Specialists say Sunday’s announcement, at a major AIDS meeting in Atlanta, offers promising clues for efforts to eliminate HIV infection in children, especially in AIDS-plagued African countries where too many babies are born with the virus.

A doctor gave this baby faster and stronger treatment than is usual, starting a three-drug infusion within 30 hours of birth. That was before tests confirmed the infant was infected and not just at risk from a mother whose HIV wasn’t diagnosed until she was in labor.
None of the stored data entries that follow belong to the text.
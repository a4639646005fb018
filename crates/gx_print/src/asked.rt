//! What a line asks. Source: git-cat-file(1), "--batch-command".

ghost use Rattle.std.specs.Prelude.{◌≡◌};
ghost use Rattle.gx_print.specs.Asking.{asked_alone, asked_of, asked_with, ls_by, shown_asked};

use gx_text::cut;

/// What a line asks.
#[derive(Clone, Copy)]
pub enum Asked<'a> {
    /// The object of a revision, with its bytes.
    Contents(&'a [u8]),
    /// The line of a revision's object.
    Info(&'a [u8]),
    /// That what was answered goes out.
    Flush,
    /// The refs.
    Refs,
    /// The entries of a revision's tree, or all of its files.
    List(bool, &'a [u8]),
    /// The archive of a revision's tree.
    Archive(&'a [u8]),
    /// The commits of the range words of a text.
    Log(&'a [u8]),
    /// The names of what the revisions of a text give.
    Names(&'a [u8]),
    /// None of these.
    Unknown,
}

/// What a line asks: its command stands before the first space. Takes no memory.
pub fn read_asked(line: &[u8]) -> Asked<'_>
    ensures { shown_asked result ≡ asked_of line.now }
{
    match cut(line, b' ') {
        Some((command, rest)) => read_with(command, rest),
        None => read_alone(line),
    }
}

/// What a command asks that stands alone.
fn read_alone(command: &[u8]) -> Asked<'static>
    ensures { shown_asked result ≡ asked_alone command.now }
{
    if command == b"flush".as_slice() {
        Asked::Flush
    } else if command == b"refs".as_slice() {
        Asked::Refs
    } else {
        Asked::Unknown
    }
}

/// What a command asks with what stands behind it.
fn read_with<'a>(command: &[u8], rest: &'a [u8]) -> Asked<'a>
    ensures { shown_asked result ≡ asked_with command.now rest.now }
{
    if command == b"contents".as_slice() {
        Asked::Contents(rest)
    } else if command == b"info".as_slice() {
        Asked::Info(rest)
    } else if command == b"ls".as_slice() {
        read_list(rest)
    } else if command == b"archive".as_slice() {
        Asked::Archive(rest)
    } else if command == b"log".as_slice() {
        Asked::Log(rest)
    } else if command == b"rev-parse".as_slice() {
        Asked::Names(rest)
    } else {
        Asked::Unknown
    }
}

/// What `ls` asks with what stands behind it.
fn read_list(rest: &[u8]) -> Asked<'_>
    ensures { shown_asked result ≡ ls_by rest.now }
{
    if let Some(revision) = rest.strip_prefix(b"-r ") {
        return Asked::List(true, revision);
    }
    if rest == b"-r".as_slice() {
        Asked::Unknown
    } else {
        Asked::List(false, rest)
    }
}
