//! The entries of a tree, one a line. Source: git-ls-tree(1), "OUTPUT FORMAT".

ghost use Rattle.std.specs.Prelude.{◌≡◌, ◌++◌, IfOk, OnOk};
ghost use Rattle.std.specs.List.{flat_map};
ghost use Rattle.gx_print.specs.Listings.{entry_line};

use gx_object::{Mode, Name, TreeEntries};
use gx_rev::put_entry_head;
use gx_text::put_printed;
use std::alloc::{AllocError, Allocator};

/// The lines of a tree's entries.
///
/// Cost: their length, at most four bytes for each of a component's.
pub fn listing<A: Allocator + Copy>(
    alloc: A,
    entries: TreeEntries<'_>,
) -> Result<Vec<u8, A>, AllocError>
    ensures { IfOk result (λ text. text.items ≡ flat_map entry_line entries.entry) }
{
    let mut text = Vec::new(alloc);
    for entry in entries {
        put_line(&mut text, entry.mode, entry.component, &entry.name)?;
    }
    Ok(text)
}

/// Appends the line of what has this mode and this name at a path: a tree's entry at its component, or a file at its whole path.
///
/// Cost: its length, at most four bytes for each of the path's.
pub fn put_line<A: Allocator + Copy>(
    out: &mut Vec<u8, A>,
    mode: Mode,
    path: &[u8],
    name: &Name,
) -> Result<(), AllocError>
    ensures { OnOk result (out.new.items ≡ out.old.items
        ++ entry_line (record { mode = mode; component = path.now; name = name.now.bytes })) }
{
    put_entry_head(out, mode, name)?;
    put_printed(out, path)?;
    Ok(out.push(b'\n')?)
}
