//! Which of the listed commits are chosen, and in which order. Source: git-rev-list(1), "Commit Limiting".

ghost use Rattle.std.specs.Prelude.{◌≡◌, IfOk, drop};
ghost use Rattle.gx_print.specs.Logs.{AreCommits, limited, skipped, turned};
ghost use Rattle.gx_cli.specs.Logs.{AreChosen, AreKept};

use crate::{CommitFilter, LogOptions};
use gx_object::{Name, Namer};
use gx_print::passes;
use gx_repo::Repo;
use gx_rev::view_of;
use std::alloc::{AllocError, Allocator};

/// The names of the commits that the options choose of these, in their order.
pub(super) fn names_chosen<N: Namer, A: Allocator + Copy>(
    alloc: A,
    repo: &Repo<N, A>,
    options: LogOptions,
    names: &[Name],
) -> Result<Vec<Name, A>, AllocError>
    requires { AreCommits repo.now.1 names.now }
    ensures { IfOk result (λ chosen. AreChosen N.name_of repo.now options
        names.now chosen.items) }
{
    let kept = names_kept(alloc, repo, options.only, names)?;
    let mut chosen = Vec::from_slice(alloc, behind(kept.as_slice(), options.skip))?;
    arrange(&mut chosen, options);
    Ok(chosen)
}

/// The names of the commits that are kept of these.
fn names_kept<N: Namer, A: Allocator + Copy>(
    alloc: A,
    repo: &Repo<N, A>,
    only: CommitFilter,
    names: &[Name],
) -> Result<Vec<Name, A>, AllocError>
    requires { AreCommits repo.now.1 names.now }
    ensures { IfOk result (λ kept. AreKept N.name_of repo.now only names.now kept.items) }
{
    let mut kept = Vec::new(alloc);
    for name in names {
        if !passes(only, &view_of(repo, name)) {
            continue;
        }
        kept.push(*name)?;
    }
    Ok(kept)
}

/// What stands behind so many names.
fn behind(names: &[Name], skip: Option<u64>) -> &[Name]
    ensures { result.now ≡ skipped skip names.now }
{
    match skip {
        Some(count) => behind_some(names, count as usize),
        None => names,
    }
}

/// What stands behind so many names, of which there may be fewer.
fn behind_some(names: &[Name], count: usize) -> &[Name]
    ensures { result.now ≡ drop count names.now }
{
    if count < names.len() {
        &names[count..]
    } else {
        &[]
    }
}

/// Keeps so many names at most, and then turns them round, as the options ask.
fn arrange<A: Allocator>(names: &mut Vec<Name, A>, options: LogOptions)
    ensures { names.new.items
        ≡ turned options.reverse (limited options.max_count names.old.items) }
{
    limit(names, options.max_count);
    turn(names, options.reverse);
}

/// Keeps so many of the first names at most.
fn limit<A: Allocator>(names: &mut Vec<Name, A>, max_count: Option<u64>)
    ensures { names.new.items ≡ limited max_count names.old.items }
{
    if let Some(most) = max_count {
        names.truncate(most as usize);
    }
}

/// Turns the names round where that is asked for.
fn turn<A: Allocator>(names: &mut Vec<Name, A>, reverse: bool)
    ensures { names.new.items ≡ turned reverse names.old.items }
{
    if reverse {
        names.reverse();
    }
}
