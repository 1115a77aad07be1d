//! Files that are handed over in one text, a line each.

ghost use Rattle.std.specs.Prelude.{◌≡◌, ◌≢◌, ◌==◌, position, [], option_map, string_bytes};
ghost use Rattle.std.specs.Prelude.{IfOk, OnOk, IfErr, Some, Ok, Err};
ghost use Rattle.contract_words.specs.Outcome.{Gives};
ghost use Rattle.icescan_files.specs.Bundles.{added, bundle_of, file_of, first_path, path_of};

use crate::bundle_text::Front;
use crate::digits::bytes_from;
use ice_desk::{Files, ReadFault};
use icescan_print::unescape;
use icescan_text::RunFault;
use indexmap::IndexMap;
use std::alloc::Global;
use std::marker::Model;

/// The files of a bundle, in the order of its lines. Each path stands once.
#[derive(Drop)]
pub struct Bundle {
    files: IndexMap<String, Vec<u8>>,
}

impl Model for Bundle {
    ghost use Rattle.std.specs.Prelude.{List, map, string_bytes};
    ghost use Rattle.icescan_files.specs.Bundles.{File};

    ghost Value = { List File };

    ghost view = { λ b. map (λ f. record { path = string_bytes f.0; bytes = f.1.items }) b.files.entries };
}

/// Where a text first has a byte.
pub fn find_byte(text: &[u8], byte: u8) -> Option<usize>
    ensures { result ≡ position (λ b. b == byte) text.now }
{
    text.iter().position(|b| *b == byte)
}

/// The path that an escaped text names.
#[tactic(auto, unfolding(crate::specs::Bundles::path_of))]
fn path_from(alloc: Global, escaped: &[u8]) -> Result<Option<String>, RunFault>
    ensures { Gives RunFault.Memory (option_map string_bytes) result (Ok (path_of escaped.now)) }
{
    let Some(path) = unescape(alloc, escaped)? else {
        return Ok(None);
    };
    match String::from_utf8(path) {
        Ok(path) => Ok(Some(path)),
        Err(_) => Ok(None),
    }
}

/// A line's path and bytes.
#[derive(Drop)]
struct NamedFile {
    path: String,
    bytes: Vec<u8>,
}

impl Model for NamedFile {
    ghost use Rattle.std.specs.Prelude.{string_bytes};
    ghost use Rattle.icescan_files.specs.Bundles.{File};

    ghost Value = { File };

    ghost view = { λ f. record { path = string_bytes f.path; bytes = f.bytes.items } };
}

/// The file of a line.
#[tactic(auto, unfolding(crate::specs::Bundles::file_of))]
fn file_from(alloc: Global, line: &[u8]) -> Result<Option<NamedFile>, RunFault>
    ensures { Gives RunFault.Memory (λ file. file) result (Ok (file_of line.now)) }
{
    let Some(at) = find_byte(line, b' ') else {
        return Ok(None);
    };
    let Some(path) = path_from(alloc, &line[..at])? else {
        return Ok(None);
    };
    let Some(bytes) = bytes_from(alloc, &line[at + 1..])? else {
        return Ok(None);
    };
    Ok(Some(NamedFile { path, bytes }))
}

impl Bundle {
    /// No files.
    pub(crate) fn empty(alloc: Global) -> Bundle
        ensures { result ≡ [] }
    {
        Bundle {
            files: IndexMap::new(alloc),
        }
    }

    /// Puts this file, which line `number` has, behind the others. Its path has to be new.
    fn add_file(&mut self, number: u64, file: NamedFile) -> Result<(), RunFault>
        ensures ok { OnOk result (added number self.old (Some file) ≡ Ok self.new) }
        ensures err { IfErr result (λ e. e ≢ RunFault.Memory → added number self.old (Some file) ≡ Err e) }
    {
        let NamedFile { path, bytes } = file;
        if self.files.contains_key(path.as_str()) {
            return Err(RunFault::Bundle(number));
        }
        self.files.insert(path, bytes)?;
        Ok(())
    }

    /// Puts the file of this line, which is line `number`, behind the others, where the line has one.
    pub(crate) fn add_line(
        &mut self,
        alloc: Global,
        number: u64,
        line: &[u8],
    ) -> Result<(), RunFault>
        ensures ok { OnOk result (added number self.old (file_of line.now) ≡ Ok self.new) }
        ensures err { IfErr result (λ e. e ≢ RunFault.Memory → added number self.old (file_of line.now) ≡ Err e) }
    {
        match file_from(alloc, line)? {
            Some(file) => self.add_file(number, file),
            None => Err(RunFault::Bundle(number)),
        }
    }

    /// The files of a bundle's text, or its first line that is none.
    pub fn read(alloc: Global, text: &[u8]) -> Result<Bundle, RunFault>
        ensures { Gives RunFault.Memory (λ bundle. bundle) result (bundle_of text.now) }
    {
        let mut front = Front::empty(alloc);
        front.take(alloc, text)?;
        front.finish(alloc)
    }

    /// The path of the first line.
    pub fn first_path(&self) -> Option<&str>
        ensures { option_map (λ path. path.now) result ≡ first_path self.now }
    {
        let (path, _) = self.files.first()?;
        Some(path.as_str())
    }
}

/// Puts these bytes in place of those that `bytes` has.
fn copy_into(found: &[u8], bytes: &mut Vec<u8>) -> Result<(), ReadFault>
    ensures ok { OnOk result (bytes.new.items ≡ found.now) }
    ensures err { IfErr result (λ e. e ≡ ReadFault.Memory) }
{
    bytes.clear();
    bytes
        .extend_from_slice(found)
        .map_err(|_| ReadFault::Memory)
}

impl Files for Bundle {
    ghost use Rattle.std.specs.Prelude.{◌≡◌, Some};
    ghost use Rattle.icescan_files.specs.Bundles.{bytes_at};

    ghost world = { λ files. Some (λ path. bytes_at files path) };

    ghost gives = { λ files path found. bytes_at files path ≡ found };

    ghost may_fail = { λ files path. ⊥ };

    fn read(&self, alloc: Global, path: &str) -> Result<Vec<u8>, ReadFault> {
        let mut bytes = Vec::new(alloc);
        self.read_into(alloc, path, &mut bytes)?;
        Ok(bytes)
    }

    fn read_into(&self, _alloc: Global, path: &str, bytes: &mut Vec<u8>) -> Result<(), ReadFault> {
        match self.files.get(path) {
            Some(found) => copy_into(found, bytes),
            None => Err(ReadFault::Absent),
        }
    }
}
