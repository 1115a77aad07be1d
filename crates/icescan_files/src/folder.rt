//! Files below a folder, by the paths that a table gives them.

ghost use Rattle.std.specs.Prelude.{◌≡◌, ◌≢◌, ◌↔◌, ◌++◌, ◌∷◌, ℕ, List, Option, Some, option_map, string_bytes, IfOk};
ghost use Rattle.std.specs.Prelude.{IfErr, IsOk, IsTrue};
ghost use Rattle.std.specs.Prelude.{MatchOption};
ghost use Rattle.std.specs.Fs.{IsFile, file_type};
ghost use Rattle.std.specs.IoError.{error_kind};
ghost use Rattle.icescan_files.specs.Folders.{Inside, IsNamed, has_dots, is_dots};

mod disk;
mod links;
mod placing;

use crate::bundle::find_byte;
use crate::input::{MOST_READS, read_all_into};
pub use disk::{Disk, HostDisk};
use ice_desk::{Files, ReadFault};
pub use links::Links;
use links::meets_link;
pub use placing::{CommitFolder, DiskFolder};
use std::alloc::{AllocError, Global};
use std::fs::{self, Metadata};
use std::io::{self, ErrorKind};

/// Files below a folder. A path that begins with the prefix is the file that its rest names below the folder; any other
/// path, and one with a segment `.` or `..` behind the prefix, is absent, and nothing is opened. What is no regular
/// file is not opened either, nor a path at which a link is met, where links are refused. What lies below a folder may
/// change from one read to the next, so it tells no world.
#[derive(Drop)]
pub struct Folder<'a, H> {
    host: &'a H,
    folder: &'a str,
    prefix: &'a str,
    links: Links,
}

impl<'a, H: std::rt::Files> Folder<'a, H> {
    /// The files of `host` below a folder, of the paths that begin with a prefix. Links are followed.
    pub fn new(host: &'a H, folder: &'a str, prefix: &'a str) -> Self
        ensures { (result.folder.now ≡ folder.now) × (result.prefix.now ≡ prefix.now) }
    {
        Folder::by_links(host, folder, prefix, Links::Followed)
    }

    /// The same files, with links followed or refused.
    pub fn by_links(host: &'a H, folder: &'a str, prefix: &'a str, links: Links) -> Self
        ensures { (result.folder.now ≡ folder.now) × (result.prefix.now ≡ prefix.now) }
    {
        Folder {
            host,
            folder,
            prefix,
            links,
        }
    }

    /// Whether links are refused, and one is met at a path.
    fn refuses(&self, alloc: Global, path: &str) -> Result<bool, AllocError> {
        match (self.links, rest_of(self.prefix, path)) {
            (Links::Refused, Some(rest)) => meets_link(alloc, self.host, self.folder, rest),
            _ => Ok(false),
        }
    }
}

/// Whether a segment is `.` or `..`.
fn is_dots(segment: &[u8]) -> bool
    ensures { result ≡ is_dots segment.now }
{
    segment == b".".as_slice() || segment == b"..".as_slice()
}

/// Whether a segment of a path is `.` or `..`.
fn has_dots(path: &[u8]) -> bool
    ensures { result ≡ has_dots path.now }
{
    let mut left = path;
    'left: while let Some(at) = find_byte(left, b'/') {
        if is_dots(&left[..at]) {
            return true;
        }
        left = &left[at + 1..];
    }
    is_dots(left)
}

/// What stands behind the prefix in a path, without a slash at its front; none where the path is not inside.
fn rest_of<'a>(prefix: &str, path: &'a str) -> Option<&'a str>
    ensures { MatchOption result ((rest : List ℕ) → Inside prefix.now path.now rest → ⊥)
        (λ rest. Inside prefix.now path.now rest.now) }
{
    let behind = path.strip_prefix(prefix)?;
    if has_dots(behind.as_bytes()) {
        return None;
    }
    match behind.strip_prefix('/') {
        Some(rest) => Some(rest),
        None => Some(behind),
    }
}

/// Whether a path names no file below a folder: it does not begin with the prefix, or has a segment `.` or `..` after it.
pub(crate) fn is_outside(prefix: &str, path: &str) -> bool
    ensures { IsTrue result → (rest : List ℕ) → Inside prefix.now path.now rest → ⊥ }
{
    match rest_of(prefix, path) {
        Some(_) => false,
        None => true,
    }
}

/// The name by which the file at a path is opened. A path that does not begin with the prefix, or that has a segment
/// `.` or `..` behind it, has none.
pub fn file_name(
    alloc: Global,
    folder: &str,
    prefix: &str,
    path: &str,
) -> Result<Option<String>, AllocError>
    ensures { IfOk result (λ name. IsNamed folder.now prefix.now path.now (option_map string_bytes name)) }
{
    let Some(rest) = rest_of(prefix, path) else {
        return Ok(None);
    };
    let mut name = String::from_str(alloc, folder)?;
    name.push('/')?;
    name.push_str(rest)?;
    Ok(Some(name))
}

/// Why a file was not opened. Only one that the system says is not found is absent.
pub fn open_fault(e: &io::Error) -> ReadFault
    ensures absent { (result ≡ ReadFault.Absent) ↔ (error_kind e.now ≡ ErrorKind.NotFound) }
    ensures memory { (result ≡ ReadFault.Memory) ↔ (error_kind e.now ≡ ErrorKind.OutOfMemory) }
{
    match e.kind() {
        ErrorKind::NotFound => ReadFault::Absent,
        ErrorKind::OutOfMemory => ReadFault::Memory,
        _ => ReadFault::Device,
    }
}

/// Refuses what is no regular file.
fn need_regular(found: &Metadata) -> Result<(), ReadFault>
    ensures regular { IsOk result ↔ IsFile (file_type found.now) }
    ensures device { IfErr result (λ fault. fault ≡ ReadFault.Device) }
{
    if found.is_file() {
        Ok(())
    } else {
        Err(ReadFault::Device)
    }
}

/// Opens a regular file. What is none is not opened: a pipe, say, would wait for its writer.
fn open_regular<H: std::rt::Files>(host: &H, name: &str) -> Result<H::File, ReadFault> {
    match fs::metadata(host, name) {
        Ok(found) => need_regular(&found)?,
        Err(e) => return Err(open_fault(&e)),
    }
    match fs::open(host, name) {
        Ok(file) => Ok(file),
        Err(e) => Err(open_fault(&e)),
    }
}

impl<H: std::rt::Files> Files for Folder<'_, H> {
    ghost use Rattle.std.specs.Prelude.{None};

    ghost world = { λ _. None };

    ghost gives = { λ _ _ _. Unit {0} };

    ghost may_fail = { λ _ _. Unit {0} };

    fn read(&self, alloc: Global, path: &str) -> Result<Vec<u8>, ReadFault> {
        let mut bytes = Vec::new(alloc);
        self.read_into(alloc, path, &mut bytes)?;
        Ok(bytes)
    }

    fn read_into(&self, alloc: Global, path: &str, bytes: &mut Vec<u8>) -> Result<(), ReadFault> {
        let Ok(name) = file_name(alloc, self.folder, self.prefix, path) else {
            return Err(ReadFault::Memory);
        };
        let Some(name) = name else {
            return Err(ReadFault::Absent);
        };
        match self.refuses(alloc, path) {
            Ok(false) => {}
            Ok(true) => return Err(ReadFault::Device),
            Err(_) => return Err(ReadFault::Memory),
        }
        let mut file = open_regular(self.host, name.as_str())?;
        read_all_into(&mut file, MOST_READS, bytes)
    }
}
• EVERNOTE HACKED: 50 MILLION PASSWORDS RESET: LONDON (AP) — Online note-taking service Evernote Corp. says it has been hacked and is resetting all its 50 million users’ passwords as a precaution.

The Redwood City, California-based company said in a post published late Saturday that an attacker had been able to access sensitive customer information and that every user would have their account reset “in an abundance of caution.”

Evernote says the attacker was able to access an unspecified number of customers’ encrypted passwords. Decoding such passwords can be difficult but is far from impossible.

The company says it has seen no evidence that any customer data had been tampered with or that any payment information had been compromised.